Hmmm.... what about phse 3?
“A review of unblinded reactogenicity data from the final analysis which consisted of a randomized subset of at least 8,000 participants 18 years and older in the phase 2/3 study demonstrates that the vaccine was well tolerated, with most solicited adverse events resolving shortly after vaccination.....
The Phase 3 clinical trial of BNT162b2 began on July 27 and has enrolled 43,661 participants to date, 41,135 of whom have received a second dose of the vaccine candidate as of November 13, 2020. Approximately 42% of global participants and 30% of U.S. participants have racially and ethnically diverse backgrounds, and 41% of global and 45% of U.S. participants are 56-85 years of age. A breakdown of the diversity of clinical trial participants can be found here from approximately 150 clinical trials sites in United States, Germany, Turkey, South Africa, Brazil and Argentina. The trial will continue to collect efficacy and safety data in participants for an additional two years.”
Children were not looked at and the initial release didn’t authorize them. Mothers and the old were looked at, with the elderly overrepresented in samples, both in phase 2 and phase 3.
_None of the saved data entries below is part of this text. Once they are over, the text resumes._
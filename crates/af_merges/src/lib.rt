//! Whether lists of events have an order in which each event is legal.
#![tactic(auto)]

mod events;
mod merging;
mod one_order;
mod pieces;
mod search;
mod step;

pub use merging::{Merge, merge_check};
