//! The search for a legal order of three lists of events, event by event.
ghost use Rattle.std.specs.Prelude.{◌≡◌, ◌+◌, ◌*◌, ◌<◌, ◌≤◌, ◌^◌, ◌↔◌, IfOk, IfSome, IsTrue, OnOk, All, Contains, Some, None, true, if◌then◌else◌, slice_get, drop, length};
ghost use Rattle.af_merges.specs.MergeSteps.{HasRoom};
ghost use Rattle.af_merges.specs.Walks.{IsNext, Adds, Spreads, HasSame};
ghost use Rattle.af_merges.specs.MergePieces.{names_at_least};
ghost use Rattle.af_merges.specs.Rising.{rises_from, first_names};
ghost use Rattle.af_merges.specs.Stages.{Client, Server, Hand, keeps_mets, known_by, move, eager, takes_met, is_met, begin, lists_of, IsWhole, InBounds, AreShortLists};

use crate::events::Events;
use crate::step::{after_client, after_hand, after_server};
use af_base::{ClientEvent, HandEvent, ServerEvent};
use af_model::TrackPoint;
use std::alloc::{AllocError, Global};

/// A stage in an order of three lists: the point, and how many events of each list have stood.
#[derive(Clone, Copy, Debug, PartialEq, Eq, PartialOrd, Ord)]
pub(crate) struct Stage {
    pub clients: usize,
    pub servers: usize,
    pub hands: usize,
    pub point: TrackPoint,
}

/// Whether each Met names no fewer client events than the Met before it.
pub(crate) fn rises(hand: &[HandEvent]) -> bool
    ensures { result ≡ rises_from 0 hand.now }
{
    let mut low = 0u64;
    for event in hand {
        if let HandEvent::Met { client } = *event {
            if client < low {
                return false;
            }
            low = client;
        }
    }
    true
}

/// Whether the first Met names at least so many client events.
fn first_names_each(hand: &[HandEvent], clients: usize) -> bool
    ensures { result ≡ first_names clients hand.now }
{
    for event in hand {
        if let HandEvent::Met { client } = *event {
            return client >= clients as u64;
        }
    }
    true
}

/// Whether each Met names at least so many client events. If they rise, the first one decides.
fn names_all(hand: &[HandEvent], clients: usize, rises: bool) -> bool
    requires { rises ≡ true → rises_from 0 hand.now ≡ true }
    ensures { result ≡ names_at_least clients hand.now }
{
    if rises {
        return first_names_each(hand, clients);
    }
    names_each(hand, clients)
}

pub(crate) fn names_each(hand: &[HandEvent], clients: usize) -> bool
    ensures { result ≡ names_at_least clients hand.now }
{
    for event in hand {
        if let HandEvent::Met { client } = *event {
            if client < clients as u64 {
                return false;
            }
        }
    }
    true
}

pub(crate) fn is_known(event: Option<HandEvent>, clients: usize) -> bool
    ensures { result ≡ known_by clients event }
{
    match event {
        Some(HandEvent::SetFlags { .. }) => true,
        Some(HandEvent::Met { client }) => client <= clients as u64,
        None => true,
    }
}

pub(crate) fn event_at(hand: &[HandEvent], place: usize) -> Option<HandEvent>
    ensures { result ≡ slice_get hand.now place }
{
    hand.get(place).copied()
}

pub(crate) fn later(hand: &[HandEvent], place: usize) -> &[HandEvent]
    requires { place ≤ length hand.now }
    ensures { result.now ≡ drop place hand.now }
{
    let (_, later) = hand.split_at(place);
    later
}

/// Whether each Met is kept with one client event more. Only the events past the hand's next one can forbid it.
pub(crate) fn keeps_client(hand: &[HandEvent], clients: usize, hands: usize, rises: bool) -> bool
    requires told { rises ≡ true → rises_from 0 hand.now ≡ true }
    requires kept { keeps_mets hand.now 0 clients hands ≡ true }
    requires fits { clients + 1 < 2 ^ 64 }
    ensures { result ≡ keeps_mets hand.now 0 (clients + 1) hands }
{
    if hands >= hand.len() {
        return true;
    }
    names_all(later(hand, hands + 1), clients + 1, rises)
}

/// Whether each Met is kept with one event of the hand more. Only its last event can forbid it.
pub(crate) fn keeps_hand(hand: &[HandEvent], clients: usize, hands: usize) -> bool
    requires { keeps_mets hand.now 0 clients hands ≡ true }
    ensures { result ≡ keeps_mets hand.now 0 clients (hands + 1) }
{
    if hands == 0 {
        return true;
    }
    is_known(event_at(hand, hands - 1), clients)
}

pub(crate) fn when(kept: bool, stage: Stage) -> Option<Stage>
    ensures value { result ≡ (if kept then Some stage else None) }
    ensures same { IfSome result (λ m. (m ≡ stage) × (kept ≡ true)) }
{
    if kept { Some(stage) } else { None }
}

pub(crate) fn client_move(events: &Events<'_>, stage: &Stage) -> Option<Stage>
    requires short { AreShortLists (lists_of events.now) }
    requires bounds { InBounds (lists_of events.now) stage.now }
    ensures value { result ≡ move (lists_of events.now) Client stage.now }
    ensures bounds { IfSome result (InBounds (lists_of events.now)) }
{
    let event = events.client.get(stage.clients)?;
    let point = after_client(&stage.point, stage.servers as u64, event)?;
    when(
        keeps_client(events.hand, stage.clients, stage.hands, events.rises),
        Stage {
            point,
            clients: stage.clients + 1,
            ..*stage
        },
    )
}

pub(crate) fn server_move(events: &Events<'_>, stage: &Stage) -> Option<Stage>
    requires short { AreShortLists (lists_of events.now) }
    requires bounds { InBounds (lists_of events.now) stage.now }
    ensures value { result ≡ move (lists_of events.now) Server stage.now }
    ensures bounds { IfSome result (InBounds (lists_of events.now)) }
{
    let event = events.server.get(stage.servers)?;
    let point = after_server(&stage.point, stage.clients as u64, event)?;
    Some(Stage {
        point,
        servers: stage.servers + 1,
        ..*stage
    })
}

pub(crate) fn hand_move(events: &Events<'_>, stage: &Stage) -> Option<Stage>
    requires short { AreShortLists (lists_of events.now) }
    requires bounds { InBounds (lists_of events.now) stage.now }
    ensures value { result ≡ move (lists_of events.now) Hand stage.now }
    ensures bounds { IfSome result (InBounds (lists_of events.now)) }
{
    let event = events.hand.get(stage.hands)?;
    when(
        keeps_hand(events.hand, stage.clients, stage.hands),
        Stage {
            point: after_hand(&stage.point, event),
            hands: stage.hands + 1,
            ..*stage
        },
    )
}

pub(crate) fn add(found: &mut Vec<Stage>, stage: Option<Stage>) -> Result<(), AllocError>
    ensures { OnOk result (Adds found.old.items stage found.new.items) }
{
    let Some(stage) = stage else {
        return Ok(());
    };
    found.push(stage)?;
    Ok(())
}

/// Leaves one of those that are equal. So a level costs what its different stages cost.
pub(crate) fn leave_one_of_each(stages: &mut Vec<Stage>)
    ensures { HasSame stages.old.items stages.new.items }
{
    stages.sort_unstable();
    stages.dedup();
}

/// Whether the hand's next event is a Met that may stand here.
pub(crate) fn met_is_next(events: &Events<'_>, stage: &Stage) -> bool
    requires bounds { InBounds (lists_of events.now) stage.now }
    requires short { AreShortLists (lists_of events.now) }
    ensures { result ≡ takes_met (lists_of events.now).hand stage.now }
{
    match events.hand.get(stage.hands) {
        Some(event) => {
            is_met_event(event) && keeps_hand(events.hand, stage.clients, stage.hands)
        }
        None => false,
    }
}

fn is_met_event(event: &HandEvent) -> bool
    ensures { result ≡ is_met (Some event.now) }
{
    match *event {
        HandEvent::SetFlags { .. } => false,
        HandEvent::Met { .. } => true,
    }
}

fn eager_client(events: &Events<'_>, stage: &Stage, met: bool) -> Option<Stage>
    requires short { AreShortLists (lists_of events.now) }
    requires bounds { InBounds (lists_of events.now) stage.now }
    requires met { met ≡ takes_met (lists_of events.now).hand stage.now }
    ensures value { result ≡ eager (lists_of events.now) Client stage.now }
    ensures bounds { IfSome result (InBounds (lists_of events.now)) }
{
    if met {
        return None;
    }
    client_move(events, stage)
}

fn eager_server(events: &Events<'_>, stage: &Stage, met: bool) -> Option<Stage>
    requires short { AreShortLists (lists_of events.now) }
    requires bounds { InBounds (lists_of events.now) stage.now }
    requires met { met ≡ takes_met (lists_of events.now).hand stage.now }
    ensures value { result ≡ eager (lists_of events.now) Server stage.now }
    ensures bounds { IfSome result (InBounds (lists_of events.now)) }
{
    if met {
        return None;
    }
    server_move(events, stage)
}

fn eager_hand(events: &Events<'_>, stage: &Stage, met: bool) -> Option<Stage>
    requires short { AreShortLists (lists_of events.now) }
    requires bounds { InBounds (lists_of events.now) stage.now }
    requires met { met ≡ takes_met (lists_of events.now).hand stage.now }
    ensures value { result ≡ eager (lists_of events.now) Hand stage.now }
    ensures bounds { IfSome result (InBounds (lists_of events.now)) }
{
    let _met = met;
    hand_move(events, stage)
}

/// Adds each stage that one more event after this stage leads to.
fn spread(events: &Events<'_>, stage: &Stage, found: &mut Vec<Stage>) -> Result<(), AllocError>
    requires short { AreShortLists (lists_of events.now) }
    requires bounds { InBounds (lists_of events.now) stage.now }
    ensures spreads { OnOk result (Spreads (eager (lists_of events.now)) stage.now found.old.items found.new.items) }
    ensures bounds { OnOk result (All (InBounds (lists_of events.now)) found.old.items → All (InBounds (lists_of events.now)) found.new.items) }
{
    let met = met_is_next(events, stage);
    add(found, eager_client(events, stage, met))?;
    add(found, eager_server(events, stage, met))?;
    add(found, eager_hand(events, stage, met))?;
    Ok(())
}

/// The stages one more event after these.
pub(crate) fn advance(
    alloc: Global,
    events: &Events<'_>,
    now: &[Stage],
) -> Result<Vec<Stage>, AllocError>
    requires short { AreShortLists (lists_of events.now) }
    requires bounds { All (InBounds (lists_of events.now)) now.now }
    ensures next { IfOk result (λ next. IsNext (eager (lists_of events.now)) now.now next.items) }
    ensures bounds { IfOk result (λ next. All (InBounds (lists_of events.now)) next.items) }
{
    let mut next = Vec::new(alloc);
    for stage in now {
        spread(events, stage, &mut next)?;
    }
    Ok(next)
}

/// Whether all events of the lists have stood.
pub(crate) fn is_whole(events: &Events<'_>, stage: &Stage) -> bool
    ensures { IsTrue result ↔ IsWhole (lists_of events.now) stage.now }
{
    stage.clients == events.client.len()
        && stage.servers == events.server.len()
        && stage.hands == events.hand.len()
}

pub(crate) fn has_whole(events: &Events<'_>, now: &[Stage]) -> bool
    ensures { IsTrue result ↔ ((m : Stage) × Contains now.now m × IsWhole (lists_of events.now) m) }
{
    for stage in now {
        if is_whole(events, stage) {
            return true;
        }
    }
    false
}

/// One of these stages after which all events have stood, if there is one.
pub(crate) fn whole_of(events: &Events<'_>, now: &[Stage]) -> Option<Stage>
    ensures { IfSome result (Contains now.now) }
{
    for stage in now {
        if is_whole(events, stage) {
            return Some(*stage);
        }
    }
    None
}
Phase 3 is ongoing. You are part of it.
“Realistically there is not a “trade-off” between safety and efficacy. Safety comes first. That’s why Phase 1 clinical trials do not measure efficacy. Even in Phase 2 clinical trials, efficacy measurement is only done as a side effort to ensure that the Phase 3 clinical trials are worth conducting. FDA doesn’t much care what your Phase 2 clinical trials say about efficacy; they’ll investigate that in your Phase 3 trial data. You don’t move from Phase 1 to Phase 2 without safety approvals and you don’t move from Phase 2 to Phase 3 without safety approvals.”
So babbling about Phase 3, without showing such things as
number of participatns
age/comorbidities/sex
evidence of antibodies to Covid at time of vaccination
size of experiment, control, time and event delineating randomization
and so forth, for Phases 1 and 2
Isn't necessarily meaningful.
All the more so as what is being alleged, is that widespread human safety tests were not performed, given that the drug was released to the public ("to market") as the prior poster said, under an Emergency Use Authorization.
So what are the Phase 1 and 2 numbers of people and so forth?
For each major manufacturer's offering of a jab?